Pada tahun 1973, pemerintah menyederhanakan partai politik menjadi:

1.      Golkar (kuning) → pendukung pemerintah

2.      PPP (hijau) → kelompok Islam

3.      PDI (merah) → nasionalis

Tujuan:

·         Menciptakan stabilitas politik
Dampak:

·         Membatasi kebebasan politik

·         Menguatkan dominasi Golkar

2. Ekonomi sebagai Panglima Pembangunan

Orde Baru menempatkan ekonomi sebagai prioritas utama pembangunan.

Kebijakan Ekonomi Orde Baru

·         Repelita (Rencana Pembangunan Lima Tahun)

·         Revolusi Hijau

·         Masuknya investasi asing

·         Bantuan dan utang luar negeri

Keberhasilan

·         Pertumbuhan ekonomi meningkat

·         Indonesia mencapai swasembada beras (1984)

·         Infrastruktur berkembang

Kelemahan

·         Ketergantungan pada utang luar negeri

·         Kesenjangan sosial dan ekonomi

·         Praktik KKN merajalela

3. Penegakan Hegemoni Melalui Aspek Sosial dan Budaya

Pemerintah Orde Baru melakukan kontrol ketat terhadap kehidupan sosial dan budaya.

Bentuk Hegemoni

·         Pembatasan kebebasan pers

·         Sensor terhadap karya seni dan sastra

·         Indoktrinasi melalui Penataran P4

·         Pembungkaman kritik dengan alasan stabilitas nasional

Akibatnya, masyarakat kehilangan ruang kebebasan berekspresi.

C. Respons dan Resistensi terhadap Kebijakan Ekonomi dan Politik Orde Baru

Meskipun terlihat stabil, Orde Baru menghadapi berbagai bentuk perlawanan.

Bentuk Resistensi

·         Gerakan mahasiswa (1974, 1978, 1998)

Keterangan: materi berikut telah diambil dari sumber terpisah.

//! Tables by number, with ample memory. Those by name are the server's.

ghost use Rattle.std.specs.Prelude.{◌≡◌, ◌==◌, List, ℕ, find};
ghost use Rattle.std.specs.Option.{option_copied};
ghost use Rattle.radio_tables.specs.Lists.{update_first};

use radio_tables::{OutOfMemory, Row, RowChange, Table};

#[derive(Clone, Copy)]
struct Listener {
    id: u64,
    seconds: u32,
}

impl Row for Listener {
    type Key = u64;

    ghost use Rattle.std.specs.Prelude.{◌==◌};
    ghost use Rattle.radio_tables.proofs.KeyLaws.{number_is};

    ghost key = { λ listener. listener.id };

    ghost has_key = { λ id listener. listener.id == id };

    ghost has_key_is = { λ id listener. number_is id listener.id };

    fn key(&self) -> u64 {
        self.id
    }
}

#[derive(Drop)]
struct Seconds(u32);

impl RowChange<Listener> for Seconds {
    ghost use Rattle.std.specs.Prelude.{refl};

    ghost gives = { λ change listener. record listener { seconds = change.0 } };

    ghost keeps_key = { λ change listener. refl };

    fn apply(&self, row: &mut Listener) {
        row.seconds = self.0;
    }
}

// A user of a table needs no proof: its contract is the table's.
fn set_seconds(listeners: &mut Table<Listener>, id: u64, seconds: u32)
    ensures { listeners.new ≡ update_first (λ listener. listener.id == id) (λ listener. record listener { seconds = seconds }) listeners.old }
{
    listeners.change(&id, &Seconds(seconds));
}

fn listener_of(listeners: &Table<Listener>, id: u64) -> Option<&Listener>
    ensures { option_copied result ≡ find (λ listener. listener.id == id) listeners.now }
{
    listeners.get(&id)
}

/// How many rows are inserted where memory is ample, in no order.
const MANY: u64 = 10_000;

const ARRIVING: [u64; 7] = [5, 2, 9, 2, 7, 1, 5];

fn insert_all(listeners: &mut Table<Listener>, ids: &[u64]) -> Result<(), OutOfMemory> {
    for id in ids {
        listeners.insert(Listener {
            id: *id,
            seconds: 0,
        })?;
    }
    Ok(())
}

fn has_ids(listeners: &Table<Listener>, ids: &[u64]) -> bool {
    listeners.len() == ids.len()
        && listeners
            .iter()
            .zip(ids)
            .all(|(listener, id)| listener.id == *id)
}

fn has_seconds(listeners: &Table<Listener>, id: u64, seconds: u32) -> bool {
    match listener_of(listeners, id) {
        Some(listener) => listener.seconds == seconds,
        None => false,
    }
}

fn are_changed(listeners: &mut Table<Listener>) -> bool {
    set_seconds(listeners, 2, 4);
    let one = has_seconds(listeners, 2, 4) && has_seconds(listeners, 5, 0);
    listeners.change_all(&Seconds(8));
    one && has_seconds(listeners, 1, 8) && has_seconds(listeners, 9, 8)
}

fn are_removed(listeners: &mut Table<Listener>, id: u64) -> bool {
    listeners.remove(&id).is_some()
        && listeners.remove(&id).is_none()
        && listeners.get(&id).is_none()
}

fn are_kept(listeners: &mut Table<Listener>) -> bool {
    insert_all(listeners, &ARRIVING).is_ok()
        && has_ids(listeners, &[1, 2, 5, 7, 9])
        && are_changed(listeners)
        && are_removed(listeners, 5)
}

#[test]
fn rows_stand_in_order_and_are_found(rt: HostRuntime) {
    let mut listeners = Table::new(rt.alloc());
    assert!(rt; are_kept(&mut listeners));
}

fn insert_many(listeners: &mut Table<Listener>) -> Result<(), OutOfMemory> {
    for n in 0..MANY {
        let id = n * 389 % MANY;
        listeners.insert(Listener { id, seconds: 0 })?;
    }
    Ok(())
}

fn remove_many(listeners: &mut Table<Listener>) -> bool {
    for id in 0..MANY {
        if listeners.len() as u64 != MANY - id || !are_removed(listeners, id) {
            return false;
        }
    }
    listeners.len() == 0
}

#[test]
fn many_rows_come_and_go(rt: HostRuntime) {
    let mut listeners = Table::new(rt.alloc());
    assert!(rt; insert_many(&mut listeners).is_ok() && remove_many(&mut listeners));
}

·         Kritik dari LSM dan tokoh masyarakat

·         Aksi buruh dan petani

·         Perlawanan daerah dan gerakan bawah tanah

Peristiwa penting:

·         Peristiwa Malari (1974)

·         Pembredelan media

·         Penangkapan aktivis

👉 Baca Juga Kehidupan Politik Ruangguru

👉 Baca Juga Revolusi Hijau Ruangguru

👉 Baca Juga Peran Pemuda Ruangguru

D. Masa Akhir Pemerintahan Orde Baru

Masa akhir Orde Baru ditandai oleh krisis multidimensi.

Faktor Runtuhnya Orde Baru

1.      Krisis ekonomi 1997

2.      Krisis kepercayaan rakyat

3.      Maraknya KKN

4.      Tekanan gerakan mahasiswa dan masyarakat

Puncaknya adalah:

·         Tragedi Trisakti (12 Mei 1998)

·         Gelombang demonstrasi besar-besaran

·         Pengunduran diri Presiden Soeharto (21 Mei 1998)

Kesimpulan

Masa transisi menuju Orde Baru hingga runtuhnya pemerintahan Soeharto menunjukkan dinamika kekuasaan yang kompleks. Orde Baru berhasil menciptakan stabilitas dan pertumbuhan ekonomi, namun gagal membangun demokrasi dan keadilan sosial secara berkelanjutan. Hal ini menjadi pelajaran penting bagi perjalanan demokrasi Indonesia.